(Stored items from a collection)
+++
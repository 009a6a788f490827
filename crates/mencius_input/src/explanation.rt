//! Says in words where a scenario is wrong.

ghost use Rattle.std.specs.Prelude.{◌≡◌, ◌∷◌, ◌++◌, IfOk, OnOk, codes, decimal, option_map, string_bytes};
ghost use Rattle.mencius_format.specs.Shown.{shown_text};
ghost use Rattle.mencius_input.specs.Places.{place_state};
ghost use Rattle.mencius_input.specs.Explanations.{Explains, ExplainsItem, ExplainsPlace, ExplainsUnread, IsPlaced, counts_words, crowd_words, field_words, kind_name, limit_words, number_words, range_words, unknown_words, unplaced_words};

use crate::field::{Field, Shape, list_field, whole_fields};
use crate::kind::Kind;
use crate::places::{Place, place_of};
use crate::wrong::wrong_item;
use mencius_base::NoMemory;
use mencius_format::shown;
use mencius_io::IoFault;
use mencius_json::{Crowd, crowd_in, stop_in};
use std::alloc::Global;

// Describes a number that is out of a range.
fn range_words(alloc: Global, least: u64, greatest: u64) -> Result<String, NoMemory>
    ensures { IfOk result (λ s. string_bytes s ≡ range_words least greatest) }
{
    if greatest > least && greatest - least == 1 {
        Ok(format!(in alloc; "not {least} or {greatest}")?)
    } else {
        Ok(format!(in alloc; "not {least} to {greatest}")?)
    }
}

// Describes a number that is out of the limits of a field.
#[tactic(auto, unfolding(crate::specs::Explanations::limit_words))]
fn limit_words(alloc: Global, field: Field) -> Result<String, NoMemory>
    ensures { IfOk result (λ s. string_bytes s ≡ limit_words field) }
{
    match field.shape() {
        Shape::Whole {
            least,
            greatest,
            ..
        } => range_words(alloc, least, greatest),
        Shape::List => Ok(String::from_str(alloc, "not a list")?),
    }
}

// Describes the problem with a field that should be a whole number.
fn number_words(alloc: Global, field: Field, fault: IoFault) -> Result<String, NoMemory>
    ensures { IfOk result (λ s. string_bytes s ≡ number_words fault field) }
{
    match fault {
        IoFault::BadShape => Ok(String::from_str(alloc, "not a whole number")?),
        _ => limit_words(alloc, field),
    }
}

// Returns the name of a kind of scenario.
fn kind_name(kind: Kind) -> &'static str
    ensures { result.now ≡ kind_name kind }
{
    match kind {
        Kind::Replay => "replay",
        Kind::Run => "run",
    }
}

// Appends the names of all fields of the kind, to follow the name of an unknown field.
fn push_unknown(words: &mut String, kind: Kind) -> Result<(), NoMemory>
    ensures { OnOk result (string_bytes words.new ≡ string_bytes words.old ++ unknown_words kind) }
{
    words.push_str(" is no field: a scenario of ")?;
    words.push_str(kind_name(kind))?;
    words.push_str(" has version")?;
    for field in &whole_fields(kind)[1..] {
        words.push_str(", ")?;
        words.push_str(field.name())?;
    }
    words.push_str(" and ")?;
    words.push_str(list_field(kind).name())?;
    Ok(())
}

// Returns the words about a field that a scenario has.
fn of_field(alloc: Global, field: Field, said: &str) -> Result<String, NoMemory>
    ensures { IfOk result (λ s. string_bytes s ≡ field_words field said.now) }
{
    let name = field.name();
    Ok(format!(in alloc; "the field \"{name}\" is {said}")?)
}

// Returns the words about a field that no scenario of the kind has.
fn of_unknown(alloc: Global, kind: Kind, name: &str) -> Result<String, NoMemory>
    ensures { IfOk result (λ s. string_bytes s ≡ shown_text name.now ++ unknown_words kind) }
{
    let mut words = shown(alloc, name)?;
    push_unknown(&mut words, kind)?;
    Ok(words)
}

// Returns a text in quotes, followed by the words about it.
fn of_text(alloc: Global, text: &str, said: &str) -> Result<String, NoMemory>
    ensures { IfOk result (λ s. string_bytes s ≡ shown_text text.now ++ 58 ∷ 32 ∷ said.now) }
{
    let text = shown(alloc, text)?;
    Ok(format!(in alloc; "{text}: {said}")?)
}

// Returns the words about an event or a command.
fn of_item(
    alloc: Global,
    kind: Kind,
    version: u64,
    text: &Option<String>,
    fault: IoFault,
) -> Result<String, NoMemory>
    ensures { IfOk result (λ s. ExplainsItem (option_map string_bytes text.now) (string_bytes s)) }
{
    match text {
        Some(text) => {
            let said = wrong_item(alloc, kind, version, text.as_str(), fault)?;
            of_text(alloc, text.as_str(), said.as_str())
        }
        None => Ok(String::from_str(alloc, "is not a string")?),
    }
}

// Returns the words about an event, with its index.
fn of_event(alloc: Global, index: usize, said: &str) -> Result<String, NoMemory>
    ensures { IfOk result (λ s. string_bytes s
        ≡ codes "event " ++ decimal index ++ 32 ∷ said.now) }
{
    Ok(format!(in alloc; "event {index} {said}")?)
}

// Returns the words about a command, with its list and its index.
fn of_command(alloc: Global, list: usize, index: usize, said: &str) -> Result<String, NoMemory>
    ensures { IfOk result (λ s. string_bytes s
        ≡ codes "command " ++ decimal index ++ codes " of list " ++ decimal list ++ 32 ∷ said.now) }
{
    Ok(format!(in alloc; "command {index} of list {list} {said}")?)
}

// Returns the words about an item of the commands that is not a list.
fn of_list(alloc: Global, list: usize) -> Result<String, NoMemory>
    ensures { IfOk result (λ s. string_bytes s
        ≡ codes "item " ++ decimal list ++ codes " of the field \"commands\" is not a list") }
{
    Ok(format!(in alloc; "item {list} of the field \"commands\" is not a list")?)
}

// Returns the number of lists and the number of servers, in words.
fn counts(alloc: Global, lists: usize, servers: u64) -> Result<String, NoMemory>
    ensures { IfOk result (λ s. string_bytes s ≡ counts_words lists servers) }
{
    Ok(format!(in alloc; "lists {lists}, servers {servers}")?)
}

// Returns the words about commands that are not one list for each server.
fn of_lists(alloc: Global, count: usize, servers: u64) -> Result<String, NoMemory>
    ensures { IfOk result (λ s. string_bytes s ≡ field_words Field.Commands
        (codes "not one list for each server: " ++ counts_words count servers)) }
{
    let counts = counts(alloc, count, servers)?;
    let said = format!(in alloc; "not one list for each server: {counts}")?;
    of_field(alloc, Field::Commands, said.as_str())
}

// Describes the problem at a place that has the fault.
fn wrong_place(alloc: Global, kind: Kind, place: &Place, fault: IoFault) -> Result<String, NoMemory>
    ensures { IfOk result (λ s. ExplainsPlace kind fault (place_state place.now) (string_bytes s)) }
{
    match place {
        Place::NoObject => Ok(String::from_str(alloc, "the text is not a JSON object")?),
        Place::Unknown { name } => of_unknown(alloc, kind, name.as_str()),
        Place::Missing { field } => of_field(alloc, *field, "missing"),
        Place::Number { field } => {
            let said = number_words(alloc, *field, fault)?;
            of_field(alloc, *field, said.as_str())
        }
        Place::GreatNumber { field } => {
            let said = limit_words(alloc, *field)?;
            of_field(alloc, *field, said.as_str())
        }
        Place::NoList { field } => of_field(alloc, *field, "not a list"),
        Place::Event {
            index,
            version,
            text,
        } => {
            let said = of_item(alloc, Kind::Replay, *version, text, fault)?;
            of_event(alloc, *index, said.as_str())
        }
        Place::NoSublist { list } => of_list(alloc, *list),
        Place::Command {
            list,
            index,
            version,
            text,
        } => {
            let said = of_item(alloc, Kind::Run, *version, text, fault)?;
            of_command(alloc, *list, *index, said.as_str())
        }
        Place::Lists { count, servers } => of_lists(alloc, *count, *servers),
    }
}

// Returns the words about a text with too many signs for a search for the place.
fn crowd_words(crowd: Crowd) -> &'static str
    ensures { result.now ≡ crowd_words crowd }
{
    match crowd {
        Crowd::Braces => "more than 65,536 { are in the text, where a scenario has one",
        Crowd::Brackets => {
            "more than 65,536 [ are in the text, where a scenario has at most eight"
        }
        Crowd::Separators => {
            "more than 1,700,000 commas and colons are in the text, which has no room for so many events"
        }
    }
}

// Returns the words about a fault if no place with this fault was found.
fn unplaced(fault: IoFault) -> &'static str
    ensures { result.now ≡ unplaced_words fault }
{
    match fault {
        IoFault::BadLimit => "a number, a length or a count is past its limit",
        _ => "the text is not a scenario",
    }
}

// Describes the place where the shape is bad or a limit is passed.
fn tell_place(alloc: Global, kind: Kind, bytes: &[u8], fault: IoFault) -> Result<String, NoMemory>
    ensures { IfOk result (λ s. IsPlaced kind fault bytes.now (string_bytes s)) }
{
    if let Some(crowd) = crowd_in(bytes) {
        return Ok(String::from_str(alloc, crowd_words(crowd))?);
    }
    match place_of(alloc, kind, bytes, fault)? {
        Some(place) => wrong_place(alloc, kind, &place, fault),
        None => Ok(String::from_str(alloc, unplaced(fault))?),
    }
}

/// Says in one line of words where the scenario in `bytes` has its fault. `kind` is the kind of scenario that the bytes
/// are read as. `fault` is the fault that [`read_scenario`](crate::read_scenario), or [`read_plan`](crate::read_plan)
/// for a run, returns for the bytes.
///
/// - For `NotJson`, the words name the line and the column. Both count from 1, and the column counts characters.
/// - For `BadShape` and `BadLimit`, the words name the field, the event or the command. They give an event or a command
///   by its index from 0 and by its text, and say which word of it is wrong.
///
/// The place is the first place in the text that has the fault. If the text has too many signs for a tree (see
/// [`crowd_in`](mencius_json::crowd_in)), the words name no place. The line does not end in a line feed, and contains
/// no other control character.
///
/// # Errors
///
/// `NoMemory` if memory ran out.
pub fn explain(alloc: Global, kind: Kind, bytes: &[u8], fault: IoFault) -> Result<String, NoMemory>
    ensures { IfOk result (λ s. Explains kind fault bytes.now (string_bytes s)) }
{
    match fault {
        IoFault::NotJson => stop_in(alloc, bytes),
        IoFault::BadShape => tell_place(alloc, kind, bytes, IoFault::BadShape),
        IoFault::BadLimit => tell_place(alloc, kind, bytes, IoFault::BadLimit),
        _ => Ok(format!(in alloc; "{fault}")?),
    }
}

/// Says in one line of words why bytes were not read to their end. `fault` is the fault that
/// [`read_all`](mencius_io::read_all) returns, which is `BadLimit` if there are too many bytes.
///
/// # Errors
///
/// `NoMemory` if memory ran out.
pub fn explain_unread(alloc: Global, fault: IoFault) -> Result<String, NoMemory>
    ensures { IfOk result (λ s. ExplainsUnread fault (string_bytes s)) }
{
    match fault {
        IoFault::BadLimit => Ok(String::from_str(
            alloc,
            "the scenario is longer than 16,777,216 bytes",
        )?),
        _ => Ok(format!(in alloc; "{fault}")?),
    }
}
+++
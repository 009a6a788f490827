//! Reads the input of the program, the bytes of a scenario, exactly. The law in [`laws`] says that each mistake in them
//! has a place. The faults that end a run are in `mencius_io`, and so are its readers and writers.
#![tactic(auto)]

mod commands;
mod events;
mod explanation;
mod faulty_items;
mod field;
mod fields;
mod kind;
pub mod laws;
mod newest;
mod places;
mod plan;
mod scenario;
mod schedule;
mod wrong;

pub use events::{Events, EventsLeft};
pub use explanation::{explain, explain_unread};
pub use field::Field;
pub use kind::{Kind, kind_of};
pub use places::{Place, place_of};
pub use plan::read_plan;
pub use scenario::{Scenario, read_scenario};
+++
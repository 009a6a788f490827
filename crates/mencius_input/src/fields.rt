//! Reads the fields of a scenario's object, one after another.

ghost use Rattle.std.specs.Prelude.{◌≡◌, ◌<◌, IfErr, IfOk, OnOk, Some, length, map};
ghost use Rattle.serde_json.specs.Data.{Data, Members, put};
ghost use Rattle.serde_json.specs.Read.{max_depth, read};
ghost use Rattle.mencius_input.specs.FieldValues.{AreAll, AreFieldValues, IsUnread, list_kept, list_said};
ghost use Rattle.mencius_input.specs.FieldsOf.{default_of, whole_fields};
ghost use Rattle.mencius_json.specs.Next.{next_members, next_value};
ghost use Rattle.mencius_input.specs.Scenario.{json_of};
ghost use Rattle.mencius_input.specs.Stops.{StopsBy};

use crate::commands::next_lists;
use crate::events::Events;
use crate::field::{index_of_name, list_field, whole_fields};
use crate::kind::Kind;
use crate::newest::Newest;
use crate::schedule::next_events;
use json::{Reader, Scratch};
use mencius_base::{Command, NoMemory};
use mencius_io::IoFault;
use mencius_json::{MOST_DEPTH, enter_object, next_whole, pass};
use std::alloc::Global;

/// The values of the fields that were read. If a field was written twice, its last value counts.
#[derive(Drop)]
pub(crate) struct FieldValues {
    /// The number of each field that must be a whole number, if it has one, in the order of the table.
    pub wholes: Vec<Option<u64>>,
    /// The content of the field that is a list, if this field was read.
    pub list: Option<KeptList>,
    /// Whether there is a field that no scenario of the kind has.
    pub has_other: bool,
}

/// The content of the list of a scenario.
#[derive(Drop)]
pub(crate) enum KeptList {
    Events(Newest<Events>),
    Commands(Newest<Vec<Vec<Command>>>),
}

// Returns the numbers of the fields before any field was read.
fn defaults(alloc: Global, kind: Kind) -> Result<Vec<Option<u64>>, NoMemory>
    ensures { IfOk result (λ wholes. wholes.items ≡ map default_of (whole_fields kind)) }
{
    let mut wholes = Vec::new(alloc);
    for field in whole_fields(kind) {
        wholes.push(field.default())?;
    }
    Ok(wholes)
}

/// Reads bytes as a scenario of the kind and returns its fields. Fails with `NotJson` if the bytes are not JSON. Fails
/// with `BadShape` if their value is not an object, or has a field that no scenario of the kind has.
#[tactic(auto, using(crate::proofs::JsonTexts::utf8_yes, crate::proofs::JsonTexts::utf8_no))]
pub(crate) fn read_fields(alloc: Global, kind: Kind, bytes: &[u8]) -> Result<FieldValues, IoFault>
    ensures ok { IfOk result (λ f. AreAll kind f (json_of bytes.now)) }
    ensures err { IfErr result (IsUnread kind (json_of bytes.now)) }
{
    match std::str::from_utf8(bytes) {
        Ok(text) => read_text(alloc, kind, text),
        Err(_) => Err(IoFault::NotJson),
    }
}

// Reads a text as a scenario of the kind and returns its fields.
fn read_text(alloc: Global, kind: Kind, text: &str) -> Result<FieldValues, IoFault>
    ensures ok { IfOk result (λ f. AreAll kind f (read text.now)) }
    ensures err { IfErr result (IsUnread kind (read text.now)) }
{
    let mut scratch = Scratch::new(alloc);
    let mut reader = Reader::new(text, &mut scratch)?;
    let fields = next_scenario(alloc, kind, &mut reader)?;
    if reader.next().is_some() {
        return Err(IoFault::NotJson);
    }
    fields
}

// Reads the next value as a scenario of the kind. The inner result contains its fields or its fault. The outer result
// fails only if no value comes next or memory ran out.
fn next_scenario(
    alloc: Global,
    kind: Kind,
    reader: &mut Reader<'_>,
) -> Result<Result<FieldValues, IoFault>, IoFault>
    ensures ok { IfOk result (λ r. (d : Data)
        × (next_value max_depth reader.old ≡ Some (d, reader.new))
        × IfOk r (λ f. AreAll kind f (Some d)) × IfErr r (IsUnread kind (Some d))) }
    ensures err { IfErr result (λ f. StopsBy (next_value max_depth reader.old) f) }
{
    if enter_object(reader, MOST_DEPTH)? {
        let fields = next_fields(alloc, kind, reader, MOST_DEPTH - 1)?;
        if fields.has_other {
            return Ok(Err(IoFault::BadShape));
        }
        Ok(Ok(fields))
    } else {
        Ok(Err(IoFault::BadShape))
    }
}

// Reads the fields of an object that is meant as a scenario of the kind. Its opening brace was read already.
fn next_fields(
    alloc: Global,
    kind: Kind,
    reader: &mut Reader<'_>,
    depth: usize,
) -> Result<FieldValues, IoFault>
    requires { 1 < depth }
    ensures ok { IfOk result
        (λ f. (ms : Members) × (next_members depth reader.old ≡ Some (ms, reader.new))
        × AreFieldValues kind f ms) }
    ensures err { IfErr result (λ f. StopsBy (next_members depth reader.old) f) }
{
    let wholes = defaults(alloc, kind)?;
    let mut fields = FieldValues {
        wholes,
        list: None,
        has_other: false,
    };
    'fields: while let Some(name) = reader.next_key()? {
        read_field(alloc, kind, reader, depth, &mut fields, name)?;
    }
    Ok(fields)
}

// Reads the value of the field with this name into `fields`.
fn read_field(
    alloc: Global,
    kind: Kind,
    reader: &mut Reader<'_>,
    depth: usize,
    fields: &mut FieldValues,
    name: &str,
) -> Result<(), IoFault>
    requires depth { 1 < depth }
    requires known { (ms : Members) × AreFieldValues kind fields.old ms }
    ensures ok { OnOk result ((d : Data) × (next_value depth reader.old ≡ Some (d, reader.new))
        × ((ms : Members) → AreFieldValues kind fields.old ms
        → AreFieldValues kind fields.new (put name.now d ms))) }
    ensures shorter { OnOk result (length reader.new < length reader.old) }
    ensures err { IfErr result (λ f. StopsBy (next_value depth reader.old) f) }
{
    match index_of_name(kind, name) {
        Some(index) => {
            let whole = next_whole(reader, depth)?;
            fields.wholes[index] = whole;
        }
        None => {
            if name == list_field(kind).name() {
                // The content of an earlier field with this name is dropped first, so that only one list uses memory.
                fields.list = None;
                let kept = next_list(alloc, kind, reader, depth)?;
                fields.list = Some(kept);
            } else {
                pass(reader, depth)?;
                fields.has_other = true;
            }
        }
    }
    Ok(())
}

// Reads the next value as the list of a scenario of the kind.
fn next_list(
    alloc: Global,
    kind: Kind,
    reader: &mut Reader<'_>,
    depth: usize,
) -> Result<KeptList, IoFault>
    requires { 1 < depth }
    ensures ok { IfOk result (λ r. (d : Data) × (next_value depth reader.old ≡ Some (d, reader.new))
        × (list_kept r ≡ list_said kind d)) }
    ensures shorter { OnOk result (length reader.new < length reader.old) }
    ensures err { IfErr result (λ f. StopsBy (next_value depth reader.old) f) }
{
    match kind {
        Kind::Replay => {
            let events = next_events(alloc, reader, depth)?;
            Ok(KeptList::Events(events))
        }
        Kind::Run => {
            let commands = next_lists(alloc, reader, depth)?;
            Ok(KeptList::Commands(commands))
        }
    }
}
+++
• [WORK ORDER]
Find the lines above with the word "BadLimit". Copy them out.

• [RESULT]
        IoFault::BadLimit => "a number, a length or a count is past its limit",
/// - For `BadShape` and `BadLimit`, the words name the field, the event or the command. They give an event or a command
        IoFault::BadLimit => tell_place(alloc, kind, bytes, IoFault::BadLimit),
/// [`read_all`](mencius_io::read_all) returns, which is `BadLimit` if there are too many bytes.
        IoFault::BadLimit => Ok(String::from_str(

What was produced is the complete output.